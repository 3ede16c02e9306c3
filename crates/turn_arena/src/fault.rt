//! Why nothing was read into an arena.

ghost use Rattle.std.specs.Prelude.{◌≡◌};
ghost use Rattle.turn_arena.specs.declared.fault.ArenaFault.TheVariants as faults;

use std::alloc::{AllocError, AllocFailed};
use thiserror::Error;

/// Why there is no tree.
#[derive(Clone, Copy, Debug, PartialEq, Eq, Error)]
pub enum ArenaFault {
    /// Nothing spells the bytes.
    #[error("nothing spells the bytes")]
    NotAMessage,
    /// Memory was refused.
    #[error("out of memory")]
    Memory,
}

impl From<AllocError> for ArenaFault {
    ghost from_gives = { λ _ e. e ≡ faults.Memory };

    fn from(_refused: AllocError) -> ArenaFault {
        ArenaFault::Memory
    }
}

impl<T: Drop> From<AllocFailed<T>> for ArenaFault {
    ghost from_gives = { λ _ e. e ≡ faults.Memory };

    fn from(_refused: AllocFailed<T>) -> ArenaFault {
        ArenaFault::Memory
    }
}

* * * *

= Exercise =
Copy out each line of the data above, exactly, if it lies between the line holding "into an arena." and the line holding "fn from(_refused: AllocError)", inclusive; copy no other line.

= Written response =
//! Why nothing was read into an arena.

ghost use Rattle.std.specs.Prelude.{◌≡◌};
ghost use Rattle.turn_arena.specs.declared.fault.ArenaFault.TheVariants as faults;

use std::alloc::{AllocError, AllocFailed};
use thiserror::Error;

/// Why there is no tree.
#[derive(Clone, Copy, Debug, PartialEq, Eq, Error)]
pub enum ArenaFault {
    /// Nothing spells the bytes.
    #[error("nothing spells the bytes")]
    NotAMessage,
    /// Memory was refused.
    #[error("out of memory")]
    Memory,
}

impl From<AllocError> for ArenaFault {
    ghost from_gives = { λ _ e. e ≡ faults.Memory };

    fn from(_refused: AllocError) -> ArenaFault {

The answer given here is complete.